Mais cette représentation là, c’est quand le Sénégalais généralise. En revanche, lorsqu’il cesse de penser, c’est tout autre chose. Le ciel se dégage, le bonheur se dévoile au coin de la rue. Osons faire le tour du Sénégal pour savoir que l’horizon risque d’être bouché. Mais l’avenir ne s’annonce pas si mal pour certains politiciens -qui croient en Macky 2017 ou 19- dès qu’ils considèrent leur situation individuelle. Seulement lorsqu’ils se regardent, ils se désolent ; s’il se comparent, ils se consolent.

Tout le problème, pour Macky, est de piloter ce « Tout » dans un brouhaha qui le mènera aux prochaines élections. Le triomphalisme étant l’ennemi du succès, le chef de l’Etat doit mettre de l’ordre dans son camp, penser au peuple, respecter la séparation des pouvoirs pour l’avoir souvent réclamée, réussir son mandat et laisser les faits parler d’eux-mêmes. Aux Sénégalais d’en tirer les conclusions qui s’imposent. La gestion du pouvoir est tellement magistrale que l’auto-congratulation risque de polluer les effets politiques. De même, la polémique sur telle ou telle critique adressée à l’exécutif n’est pas de nature à aider celui-ci à engranger les bénéfices légitimes qu’il est en droit d’attendre.

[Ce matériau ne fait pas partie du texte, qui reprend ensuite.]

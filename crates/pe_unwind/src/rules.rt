//! Computes an offset's rules from unwind infos: where the caller's stack pointer, return address and registers are.

ghost use Rattle.std.specs.Prelude.{◌≡◌, ◌↔◌, IsTrue, true};
ghost use Rattle.std.specs.List.{list_any};
ghost use Rattle.pe_unwind.specs.Registers.{index};
ghost use Rattle.pe_unwind.specs.Rules.{above, at_first, at_frame, body_rules, code_undone, codes_undone, counts};
ghost use Rattle.pe_unwind.specs.Rules.{frame_start, info_undone, less, next_counted, next_step, parents_undone};
ghost use Rattle.pe_unwind.specs.Rules.{popped, prologue_offset, sooner};
ghost use Rattle.pe_unwind.specs.Rules.{rules_of, saves_from, sets_frame, stack_top, start_once, undone, with_saved};

use crate::registers::{Register, index};
use crate::unwind_codes::{Operation, UnwindCode};
use crate::unwind_info::{FrameRegister, UnwindInfo};

/// A place in memory: this many bytes above where a register points.
#[derive(Debug, Clone, Copy, PartialEq, Eq)]
pub struct RegisterOffset {
    pub register: Register,
    /// The offset in bytes. A negative offset is a two's complement.
    pub offset: u64,
}

/// Where the caller's stack pointer is, which is the canonical frame address.
#[derive(Debug, Clone, Copy, PartialEq, Eq)]
pub enum Cfa {
    /// The stack pointer is the address of this place.
    Sum(RegisterOffset),
    /// The stack pointer is stored at this place.
    Loaded(RegisterOffset),
}

/// How a function's caller is found from one of its addresses.
#[derive(Debug, Clone, Copy, PartialEq, Eq)]
pub struct Rules {
    pub cfa: Cfa,
    /// Where the return address is stored.
    pub return_address: RegisterOffset,
    /// Where each register is stored, by its number. `None` if the register still has the caller's value.
    pub saved: [Option<RegisterOffset>; 16],
}

/// The state while a function's prologue is undone.
#[derive(Clone, Copy)]
pub(crate) struct Unwound {
    /// Where the stack pointer points.
    pub(crate) stack: RegisterOffset,
    pub(crate) saved: [Option<RegisterOffset>; 16],
    /// Whether a machine frame was undone. It is always the last step.
    pub(crate) is_trapped: bool,
}

/// The unwind info of a function.
#[derive(Drop)]
pub struct FunctionUnwind {
    /// The address of its first byte, relative to the image base.
    pub begin: u32,
    /// The address just after its last byte.
    pub end: u32,
    pub own: UnwindInfo,
    /// The infos to which its own one is chained, in the order of the chain.
    pub parents: Vec<UnwindInfo>,
}

impl std::marker::Model for FunctionUnwind {
    ghost use Rattle.pe_unwind.specs.Rules.{Function};

    ghost Value = { Function };

    ghost view = { λ f. record { begin = f.begin; end = f.end; own = f.own; parents = f.parents.items } };
}

/// The place `bytes` bytes above another one.
pub(crate) fn above(place: RegisterOffset, bytes: u64) -> RegisterOffset
    ensures { result ≡ above place bytes }
{
    RegisterOffset {
        register: place.register,
        offset: place.offset.wrapping_add(bytes),
    }
}

/// The state before anything is undone.
pub(crate) fn at_first() -> Unwound
    ensures { result ≡ at_first }
{
    Unwound {
        stack: stack_top(),
        saved: [None; 16],
        is_trapped: false,
    }
}

/// The state with a register saved at a place.
pub(crate) fn with_saved(register: Register, place: RegisterOffset, unwound: Unwound) -> Unwound
    ensures { result ≡ with_saved register place unwound }
{
    let mut saved = unwound.saved;
    saved[index(register)] = Some(place);
    Unwound {
        stack: unwound.stack,
        saved,
        is_trapped: unwound.is_trapped,
    }
}

/// The state with the stack pointer `bytes` bytes higher.
pub(crate) fn popped(bytes: u64, unwound: Unwound) -> Unwound
    ensures { result ≡ popped bytes unwound }
{
    let saved = unwound.saved;
    Unwound {
        stack: above(unwound.stack, bytes),
        saved,
        is_trapped: unwound.is_trapped,
    }
}

/// The rules when this state is reached at the end.
pub(crate) fn rules_of(unwound: Unwound) -> Rules
    ensures { result ≡ rules_of unwound }
{
    let cfa = if unwound.is_trapped {
        Cfa::Loaded(above(unwound.stack, 24))
    } else {
        Cfa::Sum(above(unwound.stack, 8))
    };
    let saved = unwound.saved;
    Rules {
        cfa,
        return_address: unwound.stack,
        saved,
    }
}

/// The offset if it is in the prologue of an info; `None` after the prologue.
pub(crate) fn prologue_offset(info: &UnwindInfo, offset: u32) -> Option<u32>
    ensures { result ≡ prologue_offset info.now offset }
{
    if offset < u32::from(info.prologue_size) {
        return Some(offset);
    }
    None
}

/// The rules outside of epilogues: at an offset in the prologue, or after the prologue (`None`).
pub(crate) fn body_rules(function: &FunctionUnwind, offset: Option<u32>) -> Rules
    ensures { result ≡ body_rules function.now offset }
{
    let own = info_undone(offset, &function.own, at_first());
    rules_of(parents_undone(&function.parents, own))
}

/// Where the stack pointer points before anything is undone.
pub(crate) fn stack_top() -> RegisterOffset
    ensures { result ≡ stack_top }
{
    RegisterOffset {
        register: Register::Rsp,
        offset: 0,
    }
}

// The start of the frame, by the frame register.
fn frame_start(frame: FrameRegister) -> RegisterOffset
    ensures { result ≡ frame_start frame }
{
    RegisterOffset {
        register: frame.register,
        offset: less(0, u64::from(frame.offset)),
    }
}

/// An address minus a number, modulo 2^64.
pub(crate) fn less(address: u64, bytes: u64) -> u64
    ensures { result ≡ less address bytes }
{
    address.wrapping_sub(bytes)
}

// The state with the stack pointer at the start of the frame.
fn at_frame(frame: Option<FrameRegister>, unwound: Unwound) -> Unwound
    ensures { result ≡ at_frame frame unwound }
{
    match frame {
        None => unwound,
        Some(frame) => {
            let saved = unwound.saved;
            Unwound {
                stack: frame_start(frame),
                saved,
                is_trapped: unwound.is_trapped,
            }
        }
    }
}

// The state with a machine frame undone.
fn trapped(unwound: Unwound) -> Unwound
    ensures { result ≡ record unwound { is_trapped = true } }
{
    let saved = unwound.saved;
    Unwound {
        stack: unwound.stack,
        saved,
        is_trapped: true,
    }
}

// The state after one operation is undone.
fn undone(
    frame: Option<FrameRegister>,
    start: RegisterOffset,
    operation: Operation,
    unwound: Unwound,
) -> Unwound
    ensures { result ≡ undone frame start operation unwound }
{
    match operation {
        Operation::Push(register) => popped(8, with_saved(register, unwound.stack, unwound)),
        Operation::Allocate(bytes) => popped(u64::from(bytes), unwound),
        Operation::SetFrame => at_frame(frame, unwound),
        Operation::Save(register, offset) => with_saved(
            register,
            above(start, u64::from(offset)),
            unwound,
        ),
        Operation::MachineFrame(true) => trapped(popped(8, unwound)),
        Operation::MachineFrame(false) => trapped(popped(0, unwound)),
        Operation::Epilogue(_) | Operation::Unseen => unwound,
    }
}

// Whether a code counts: its instruction has run at this offset of the prologue, or the offset is after the prologue.
fn counts(offset: Option<u32>, code: UnwindCode) -> bool
    ensures { result ≡ counts offset code }
{
    match offset {
        None => true,
        Some(offset) => u32::from(code.offset) <= offset,
    }
}

// The offset `from` if it is after `offset` and before `end`, otherwise `end`.
fn sooner(offset: u32, from: u32, end: u32) -> u32
    ensures { result ≡ sooner offset from end }
{
    if offset < from && from < end {
        from
    } else {
        end
    }
}

// The first offset after `offset` at which one more code counts, if it is before `end`, otherwise `end`.
fn next_counted(offset: u32, end: u32, codes: &[UnwindCode]) -> u32
    ensures { result ≡ next_counted offset end codes.now }
{
    let mut next = end;
    for &code in codes {
        next = sooner(offset, u32::from(code.offset), next);
    }
    next
}

/// The first offset after one in the prologue at which one more code counts, or else the end of the prologue. It is at
/// most the function's size.
pub(crate) fn next_step(function: &FunctionUnwind, offset: u32, size: u32) -> u32
    ensures { result ≡ next_step function.now offset size }
{
    let end = u32::from(function.own.prologue_size).min(size);
    next_counted(offset, end, &function.own.codes)
}

// The state after one code is undone, if it counts.
fn code_undone(
    frame: Option<FrameRegister>,
    start: RegisterOffset,
    offset: Option<u32>,
    code: UnwindCode,
    unwound: Unwound,
) -> Unwound
    ensures { result ≡ code_undone frame start offset code unwound }
{
    if unwound.is_trapped || !counts(offset, code) {
        return unwound;
    }
    undone(frame, start, code.operation, unwound)
}

// The state after some codes are undone in turn.
fn codes_undone(
    frame: Option<FrameRegister>,
    start: RegisterOffset,
    offset: Option<u32>,
    codes: &[UnwindCode],
    unwound: Unwound,
) -> Unwound
    ensures { result ≡ codes_undone frame start offset codes.now unwound }
{
    let mut after = unwound;
    for &code in codes {
        after = code_undone(frame, start, offset, code, after);
    }
    after
}

// Whether a code that counts sets the frame register.
fn sets_frame(offset: Option<u32>, code: UnwindCode) -> bool
    ensures { result ≡ sets_frame offset code }
{
    matches!(code.operation, Operation::SetFrame) && counts(offset, code)
}

// Whether one of the codes that count sets the frame register.
fn any_sets_frame(offset: Option<u32>, codes: &[UnwindCode]) -> bool
    ensures { result ≡ list_any (sets_frame offset) codes.now }
{
    codes.iter().any(|code| sets_frame(offset, *code))
}

// The base of the frame: the start given by the frame register if that is set, otherwise the stack pointer.
fn start_once(frame: Option<FrameRegister>, set: bool) -> RegisterOffset
    ensures { result ≡ start_once frame set }
{
    match frame {
        Some(frame) if set => frame_start(frame),
        _ => stack_top(),
    }
}

// The place from which the offsets of SAVE codes count.
fn saves_from(offset: Option<u32>, info: &UnwindInfo) -> RegisterOffset
    ensures { result ≡ saves_from offset info.now }
{
    let set = offset.is_none() || info.parent.is_some() || any_sets_frame(offset, &info.codes);
    start_once(info.frame, set)
}

// The state after an info is undone, at an offset in its prologue or after it.
fn info_undone(offset: Option<u32>, info: &UnwindInfo, unwound: Unwound) -> Unwound
    ensures { result ≡ info_undone offset info.now unwound }
{
    codes_undone(
        info.frame,
        saves_from(offset, info),
        offset,
        &info.codes,
        unwound,
    )
}

// The state after the parents of a chained info are undone.
fn parents_undone(parents: &[UnwindInfo], unwound: Unwound) -> Unwound
    ensures { result ≡ parents_undone parents.now unwound }
{
    let mut after = unwound;
    for parent in parents {
        after = info_undone(None, parent, after);
    }
    after
}

/// Whether two places are the same.
pub(crate) fn is_same_place(a: Option<RegisterOffset>, b: Option<RegisterOffset>) -> bool
    ensures { IsTrue result ↔ (a ≡ b) }
{
    match (a, b) {
        (None, None) => true,
        (Some(a), Some(b)) => a == b,
        _ => false,
    }
}

// Whether the same registers are saved at the same places.
fn is_same_saved(a: &[Option<RegisterOffset>], b: &[Option<RegisterOffset>]) -> bool
    ensures { IsTrue result → a.now ≡ b.now }
{
    if a.len() != b.len() {
        return false;
    }
    for position in 0..a.len() {
        if !is_same_place(a[position], b[position]) {
            return false;
        }
    }
    true
}

// Whether the caller's stack pointer is at the same place.
fn is_same_cfa(a: Cfa, b: Cfa) -> bool
    ensures { IsTrue result → a ≡ b }
{
    match (a, b) {
        (Cfa::Sum(a), Cfa::Sum(b)) | (Cfa::Loaded(a), Cfa::Loaded(b)) => a == b,
        _ => false,
    }
}

// Whether the return address is at the same place.
fn is_same_return(a: RegisterOffset, b: RegisterOffset) -> bool
    ensures { IsTrue result → a ≡ b }
{
    a == b
}

/// Whether rules are the same.
pub(crate) fn is_same_rules(a: Rules, b: Rules) -> bool
    ensures { IsTrue result → a ≡ b }
{
    if !is_same_cfa(a.cfa, b.cfa) {
        return false;
    }
    if !is_same_return(a.return_address, b.return_address) {
        return false;
    }
    is_same_saved(&a.saved, &b.saved)
}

Il serait donc temps, si c’est encore possible, que Macky Sall montre qu’il occupe le costume présidentiel pour lequel les Sénégalais l’ont élu. Souhaitant qu’il puisse réussir la phase autorité républicaine, reste à assurer avec le même doigté la séquence unité nationale. Celle-ci doit prévaloir tout au long de son mandat. Élu aussi pour apaiser une société électrisée en étant le plus incolore possible, il ne doit point inquiéter par un optimisme décalé et une absence apparente de visibilité. Et sortir du cercle  dans lequel s’est enfermé son pouvoir: la peur d’être impopulaire – alors même que c’est le risque de  tout élu  – freine dangereusement l’action politique et autorise tous les débordements. Soit Macky Sall est sûr de ses choix et il les assume pleinement. Soit il s’est trompé et il assume tout aussi simplement un changement politique majeur, comme l’avait fait un certain Mitterrand. Faute de quoi, la déstabilisation de son électorat ne pourra que prospérer.